BRIEF | Every line of the entries below from the one containing "use dedup_groups::forest_leaders;" to the one containing "drop(files);", both ends included, must be written out exactly. No other line belongs in the answer.
··· RECORD SET ···
ghost use Rattle.std.specs.Prelude.{◌≡◌, IfOk};
ghost use Rattle.desk_shared.specs.Passes.{Owns};
ghost use Rattle.desk_shared.specs.Calls.{MayShare, IsFirst};

use crate::passes::Pass;
use crate::sharing::SharedDesk;
use desk_core::Desk;
use grid_cells::OutOfMemory;
use std::alloc::Global;

impl SharedDesk {
    /// Shares the desk with so many planners, as `open` does where they are 1 to MOST_PLANNERS.
    ///
    /// # Errors
    ///
    /// Want of memory: the desk is gone then.
    pub fn share(
        alloc: Global,
        desk: Desk,
        planners: u32,
    ) -> Result<(SharedDesk, Pass), OutOfMemory>
        requires { MayShare planners }
        ensures shared { IfOk result (λ shared. shared.0.planners ≡ planners) }
        ensures owned { IfOk result (λ shared. Owns shared.0 shared.1) }
        ensures first { IfOk result (λ shared. IsFirst desk planners shared.1.known) }
    {
        match SharedDesk::open(alloc, desk, planners) {
            Ok(shared) => Ok(shared),
            Err((_, desk)) => {
                drop(desk);
                Err(OutOfMemory)
            }
        }
    }
}
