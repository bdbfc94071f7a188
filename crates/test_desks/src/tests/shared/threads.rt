//! Passes in threads of their own.
ghost use Rattle.desk_shared.specs.Passes.{Owns};

use super::super::build::{commit, desk};
use super::super::scenes::is_scene;
use super::build::{share, split};
use desk_shared::{Pass, SharedDesk};
use std::alloc::Global;
use std::mem::forget;
use std::process::Abort;
use std::sync::Wait;
use std::sync::atomic::{AtomicU64, Ordering};
use std::thread;
use std::thread::{Threads, join};

// How often a thread looks whether the other is as far.
const MOST_TURNS: u32 = 10_000_000;

const SCENE: &[&str] = &["agent 0 0,0 2,0", "agent 1 0,0 2,0"];

fn waited_for(other: &AtomicU64) -> bool {
    for _ in 0..MOST_TURNS {
        if other.load(Ordering::SeqCst) == 1 {
            return true;
        }
        thread::yield_now();
    }
    false
}

// A copy of the scene, held until the other thread has one too.
fn copies<R: Wait + Abort>(
    rt: &R,
    alloc: Global,
    shared: &SharedDesk,
    pass: &mut Pass,
    mine: &AtomicU64,
    other: &AtomicU64,
)
    requires { Owns shared.now pass.old }
    ensures { Owns shared.now pass.new }
{
    let copy = shared.snapshot(rt, pass).expect(rt, "memory");
    mine.store(1, Ordering::SeqCst);
    let waited = waited_for(other);
    assert!(rt; copy.version == 0 && waited);
    assert!(rt; is_scene(rt, alloc, &copy.scene, SCENE));
    forget(copy);
}

// A copy of the scene, and once the other thread has one too, a commit of that agent's goal. The
// number is that of the version that the commit made.
fn plan<R: Wait + Abort>(
    rt: &R,
    alloc: Global,
    shared: &SharedDesk,
    mut pass: Pass,
    line: &str,
    mine: &AtomicU64,
    other: &AtomicU64,
) -> (Pass, u64)
    requires { Owns shared.now pass }
    ensures { Owns shared.now result.0 }
{
    copies(rt, alloc, shared, &mut pass, mine, other);
    let commit = commit(rt, alloc, pass.planner(), 0, &[line]);
    match shared.commit(rt, &mut pass, commit) {
        Ok(version) => (pass, version),
        Err(_) => panic!(rt; "another agent's goal"),
    }
}

// The wrong body turn_held_from_snapshot waits here for ever, and the wrong body
// close_drops_unjoined_entries gives a journal without one of the two.
#[test]
fn two_threads_commit(rt: HostRuntime) {
    let alloc = rt.alloc();
    let (shared, mut first) = share(&rt, alloc, desk(&rt, alloc, SCENE, 10), 3);
    let left = split(&rt, &shared, &mut first);
    let right = split(&rt, &shared, &mut first);
    let (desk, host) = (&shared, &rt);
    let (near, far) = (AtomicU64::new(0), AtomicU64::new(0));
    let (near, far) = (&near, &far);
    let (mut left, right) = join(
        &rt,
        move ||
            requires { Owns desk.now left }
            ensures { Owns desk.entry.now result.0 }
        { plan(host, alloc, desk, left, "goal 0 1,0", near, far) },
        move ||
            requires { Owns desk.now right }
            ensures { Owns desk.entry.now result.0 }
        { plan(host, alloc, desk, right, "goal 1 1,0", far, near) },
    );
    assert!(rt; matches!((left.1, right.1), (1, 2) | (2, 1)));
    let last = shared.reading(&rt, &mut left.0).expect(&rt, "memory");
    assert!(rt; last.version == 2 && last.report.bounds == Some(2));
    forget(last);
    let closed = shared.close(first).expect(&rt, "the desk");
    assert!(rt; closed.journal().len() == 2);
    forget((closed, left.0, right.0));
}
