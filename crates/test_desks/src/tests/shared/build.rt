//! Shared desks for the tests.
ghost use Rattle.desk_shared.specs.Calls.{MayShare};
ghost use Rattle.desk_shared.specs.Passes.{Owns};

use desk_core::Desk;
use desk_shared::{Pass, SharedDesk};
use std::alloc::Global;
use std::process::Abort;

/// The desk, shared by so many planners, and the first pass.
pub fn share(rt: &impl Abort, alloc: Global, desk: Desk, planners: u32) -> (SharedDesk, Pass)
    requires { MayShare planners }
    ensures { Owns result.0 result.1 }
{
    SharedDesk::share(alloc, desk, planners).expect(rt, "memory")
}

pub fn split(rt: &impl Abort, shared: &SharedDesk, pass: &mut Pass) -> Pass
    requires { Owns shared.now pass.old }
    ensures old { Owns shared.now pass.new }
    ensures new { Owns shared.now result }
{
    match shared.split(pass) {
        Ok(other) => other,
        Err(_) => panic!(rt; "a number that is kept"),
    }
}
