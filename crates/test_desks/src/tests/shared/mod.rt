//! Planners who share a desk.
mod build;
mod rows;
mod threads;
mod want;
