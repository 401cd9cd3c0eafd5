//! The commands over a store and a sink: which command the words name, what it loads, what is due, and
//! why it is refused.
#![tactic(auto)]

mod after_run;
mod command;
mod duplicates_settings;
mod filled_rule;
mod frontier_settings;
mod generate;
mod keys;
mod limits;
mod many_settings;
mod meaning;
mod migrate_settings;
mod pairs_columns;
mod review_settings;
mod run_settings;
mod settings_commands;
mod verify_settings;
mod words;

pub use after_run::run_then_verify;
pub use command::{linkage, perform};
pub use filled_rule::commands_go_by_filled_rule;
pub use limits::limits_are_these;
pub use meaning::verify_tells;
pub use settings_commands::printed_rule_is_least;
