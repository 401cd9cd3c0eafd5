// The commands of a settings file alone: their verbs, and those of them that print a text of it.
ghost use Rattle.std.specs.Prelude.{◌≡◌, map, string_bytes, option_map};
ghost use Rattle.command_scripts.specs.Does.{Does};
ghost use Rattle.command_scripts.specs.Due.{Due};
ghost use Rattle.command_scripts.specs.Steps.{sink_seen, store_seen};
ghost use Rattle.command_steps.specs.declared.front.Shared.{Shared as AnyShared};
ghost use Rattle.link_shell.specs.SettingsCommands.{of_file, open_script, pairs_script, PrintsLeastRule, rule_is_printed, rule_script, settings_named, settings_script};

use crate::words::{is_settings, word_at};
use crate::{duplicates_settings, migrate_settings, run_settings, verify_settings};
use command_scripts::{Ended, print_lines, print_text};
use command_steps::{load_described, load_reviewed_settings, load_shared};
use link_core::{open_lines, pair_ids, rule_lines};
use link_outside::{Refusal, Sink, Store};
use settings_readers::named_in;
use std::alloc::Global;

/// What a settings file alone is asked for.
#[derive(Clone, Copy)]
pub(crate) enum SettingsVerb {
    Pairs,
    Rule,
    Open,
    Migrate,
    Run,
    Verify,
    Duplicates,
}

const SETTINGS_VERBS: [(&str, SettingsVerb); 7] = [
    ("pairs", SettingsVerb::Pairs),
    ("rule", SettingsVerb::Rule),
    ("open", SettingsVerb::Open),
    ("migrate", SettingsVerb::Migrate),
    ("run", SettingsVerb::Run),
    ("verify", SettingsVerb::Verify),
    ("duplicates", SettingsVerb::Duplicates),
];

/// A settings file, and what it is asked for.
#[derive(Clone, Copy)]
pub(crate) struct SettingsRequest<'w> {
    pub(crate) verb: SettingsVerb,
    pub(crate) name: &'w str,
}

// Reads the words.
pub(crate) fn read(words: &[String]) -> Option<SettingsRequest<'_>>
    ensures { option_map of_file result ≡ settings_named (map string_bytes words.now) }
{
    if words.len() != 2 || !is_settings(word_at(words, 1)) {
        return None;
    }
    match named_in(&SETTINGS_VERBS, word_at(words, 0)) {
        Some(verb) => Some(SettingsRequest {
            verb,
            name: word_at(words, 1),
        }),
        None => None,
    }
}

/// Law: what `rule SETTINGS` prints is the text of a table of which no randomised rule with error levels at most its own has a
/// smaller chance of a possible link, for matched and for unmatched pairs (Fellegi and Sunter 1969, section 2, the theorem).
pub fn printed_rule_is_least()
    ensures { (shared : AnyShared) (due : Due) → rule_is_printed shared due → PrintsLeastRule shared due }
{}

// Follows the script of `pairs`.
fn print_pairs<S: Store, O: Sink>(
    alloc: Global,
    name: &str,
    store: &mut S,
    out: &mut O,
) -> Result<Ended, Refusal>
    ensures { Does (pairs_script name.now) (store_seen S.tells S.held S.faults store.old store.new) (sink_seen O.tells O.taken O.faults out.old out.new) result }
{
    let described = load_described(alloc, store, name)?;
    let ids = pair_ids(alloc, &described.plan, &described.files);
    drop(described);
    let text = ids?;
    print_text(alloc, Ended::Done, text, out)
}

// Follows the script of `rule`.
fn print_rule<S: Store, O: Sink>(
    alloc: Global,
    name: &str,
    store: &mut S,
    out: &mut O,
) -> Result<Ended, Refusal>
    ensures { Does (rule_script name.now) (store_seen S.tells S.held S.faults store.old store.new) (sink_seen O.tells O.taken O.faults out.old out.new) result }
{
    let shared = load_shared(alloc, store, name)?;
    let lines = rule_lines(alloc, &shared.plan, &shared.shares);
    drop(shared);
    print_lines(alloc, lines, out)
}

// Follows the script of `open`.
fn print_open<S: Store, O: Sink>(
    alloc: Global,
    name: &str,
    store: &mut S,
    out: &mut O,
) -> Result<Ended, Refusal>
    ensures { Does (open_script name.now) (store_seen S.tells S.held S.faults store.old store.new) (sink_seen O.tells O.taken O.faults out.old out.new) result }
{
    let found = load_reviewed_settings(alloc, store, name, false)?;
    let reviewed = &found.reviewed;
    let lines = open_lines(alloc, &reviewed.files, &reviewed.decided, &reviewed.journal);
    drop(found);
    print_lines(alloc, lines, out)
}

// Follows the script of a verb.
pub(crate) fn perform<S: Store, O: Sink>(
    alloc: Global,
    verb: SettingsVerb,
    name: &str,
    store: &mut S,
    out: &mut O,
) -> Result<Ended, Refusal>
    ensures { Does (settings_script verb name.now) (store_seen S.tells S.held S.faults store.old store.new) (sink_seen O.tells O.taken O.faults out.old out.new) result }
{
    match verb {
        SettingsVerb::Pairs => print_pairs(alloc, name, store, out),
        SettingsVerb::Rule => print_rule(alloc, name, store, out),
        SettingsVerb::Open => print_open(alloc, name, store, out),
        SettingsVerb::Migrate => migrate_settings::perform(alloc, name, store, out),
        SettingsVerb::Run => run_settings::perform(alloc, name, store, out),
        SettingsVerb::Verify => verify_settings::perform(alloc, name, store, out),
        SettingsVerb::Duplicates => duplicates_settings::perform(alloc, name, store, out),
    }
}
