// The command `duplicates SETTINGS`.
ghost use Rattle.std.specs.Prelude.{◌≡◌, IfOk, length};
ghost use Rattle.command_scripts.specs.Does.{Does};
ghost use Rattle.command_scripts.specs.Steps.{sink_seen, store_seen, seen_by, Takes};
ghost use Rattle.link_core.specs.Prepared.{files_of};
ghost use Rattle.link_core.specs.Rules.{IsPreparedFor};
ghost use Rattle.link_shell.specs.DuplicatesSettings.{decided_within, duplicates_script, IsDecidedWithin, prepared_within, IsOfOneFile, within_of};
ghost use Rattle.link_plan.specs.Ranges.{KeepsRanges, NamesFiles};

use command_scripts::{Ended, load_file, print_lines};
use command_steps::{file_name, load_decisions, load_plan, prepare_files};
use dedup_groups::forest_leaders;
use link_base::FileRole;
use link_core::{Decided, PlanShares, Prepared, duplicate_lines};
use link_outside::{Refusal, Sink, Store};
use link_plan::Plan;
use std::alloc::Global;

/// A file that is ready to be compared with itself, and the decisions on its compared pairs.
#[derive(Drop)]
pub(crate) struct DecidedWithin {
    pub(crate) files: Prepared,
    pub(crate) shares: PlanShares,
    pub(crate) decided: Decided,
}

// Loads the file of a plan of a file with itself, and makes it ready to be compared.
fn load_within<S: Store>(alloc: Global, store: &mut S, plan: &Plan) -> Result<Prepared, Refusal>
    requires within { IsOfOneFile plan.now }
    requires ranges { KeepsRanges plan.now }
    requires names { NamesFiles plan.now }
    ensures takes { Takes (prepared_within plan.now) (store_seen S.tells S.held S.faults store.old store.new) (seen_by files_of result) }
    ensures ready { IfOk result (IsPreparedFor plan.now) }
    ensures same { IfOk result (λ p. length p.files.b.records ≡ length p.files.a.records) }
{
    let a = load_file(alloc, store, file_name(&plan.file_a), FileRole::A)?;
    let prepared = prepare_files(alloc, plan, a.bytes(), a.bytes());
    drop(a);
    let files = prepared?;
    Ok(files)
}

// Loads the file of a plan of a file with itself, and its sample, and decides on the compared pairs.
fn load_decided<S: Store>(
    alloc: Global,
    store: &mut S,
    plan: &Plan,
) -> Result<DecidedWithin, Refusal>
    requires within { IsOfOneFile plan.now }
    requires ranges { KeepsRanges plan.now }
    requires names { NamesFiles plan.now }
    ensures takes { Takes (decided_within plan.now) (store_seen S.tells S.held S.faults store.old store.new) (seen_by within_of result) }
    ensures found { IfOk result IsDecidedWithin }
{
    let files = load_within(alloc, store, plan)?;
    match load_decisions(alloc, store, plan, &files, false) {
        Ok(found) => Ok(DecidedWithin {
            files,
            shares: found.shares,
            decided: found.decided,
        }),
        Err(refusal) => {
            drop(files);
            Err(refusal)
        }
    }
}

// Follows the script.
pub(crate) fn perform<S: Store, O: Sink>(
    alloc: Global,
    name: &str,
    store: &mut S,
    out: &mut O,
) -> Result<Ended, Refusal>
    ensures { Does (duplicates_script name.now) (store_seen S.tells S.held S.faults store.old store.new) (sink_seen O.tells O.taken O.faults out.old out.new) result }
{
    let plan = load_plan(alloc, store, name)?;
    let copy = plan.within(alloc);
    drop(plan);
    let within = copy?;
    let decided = load_decided(alloc, store, &within);
    drop(within);
    let found = decided?;
    let lines = duplicate_lines(alloc, &found.files, &found.decided);
    drop(found);
    forest_leaders();
    print_lines(alloc, lines, out)
}
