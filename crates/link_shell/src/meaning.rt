// What `yes` means.
ghost use Rattle.link_shell.specs.Meaning.{RowsAreProof, VerifyTells};

use candidate_links::candidates_are_bounded;
use pair_decisions::is_the_rule;
use price_check::certified_is_greatest;
use written_check::verified_means;

/// Law: what is due of `verify SETTINGS` ends with 0 exactly where the three files, as they are held and whoever wrote them, have the rows
/// of the filled, hence least, rule, of one-to-one links of greatest total weight, each by rule or review, and of prices that certify it;
/// else it ends with 9.
pub fn verify_tells()
    ensures told { VerifyTells }
    ensures proved { RowsAreProof }
{
    verified_means();
    certified_is_greatest();
    is_the_rule();
    candidates_are_bounded();
}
···
WRITTEN ANSWER |
use dedup_groups::forest_leaders;
use link_base::FileRole;
use link_core::{Decided, PlanShares, Prepared, duplicate_lines};
use link_outside::{Refusal, Sink, Store};
use link_plan::Plan;
use std::alloc::Global;

/// A file that is ready to be compared with itself, and the decisions on its compared pairs.
#[derive(Drop)]
pub(crate) struct DecidedWithin {
    pub(crate) files: Prepared,
    pub(crate) shares: PlanShares,
    pub(crate) decided: Decided,
}

// Loads the file of a plan of a file with itself, and makes it ready to be compared.
fn load_within<S: Store>(alloc: Global, store: &mut S, plan: &Plan) -> Result<Prepared, Refusal>
    requires within { IsOfOneFile plan.now }
    requires ranges { KeepsRanges plan.now }
    requires names { NamesFiles plan.now }
    ensures takes { Takes (prepared_within plan.now) (store_seen S.tells S.held S.faults store.old store.new) (seen_by files_of result) }
    ensures ready { IfOk result (IsPreparedFor plan.now) }
    ensures same { IfOk result (λ p. length p.files.b.records ≡ length p.files.a.records) }
{
    let a = load_file(alloc, store, file_name(&plan.file_a), FileRole::A)?;
    let prepared = prepare_files(alloc, plan, a.bytes(), a.bytes());
    drop(a);
    let files = prepared?;
    Ok(files)
}

// Loads the file of a plan of a file with itself, and its sample, and decides on the compared pairs.
fn load_decided<S: Store>(
    alloc: Global,
    store: &mut S,
    plan: &Plan,
) -> Result<DecidedWithin, Refusal>
    requires within { IsOfOneFile plan.now }
    requires ranges { KeepsRanges plan.now }
    requires names { NamesFiles plan.now }
    ensures takes { Takes (decided_within plan.now) (store_seen S.tells S.held S.faults store.old store.new) (seen_by within_of result) }
    ensures found { IfOk result IsDecidedWithin }
{
    let files = load_within(alloc, store, plan)?;
    match load_decisions(alloc, store, plan, &files, false) {
        Ok(found) => Ok(DecidedWithin {
            files,
            shares: found.shares,
            decided: found.decided,
        }),
        Err(refusal) => {
            drop(files);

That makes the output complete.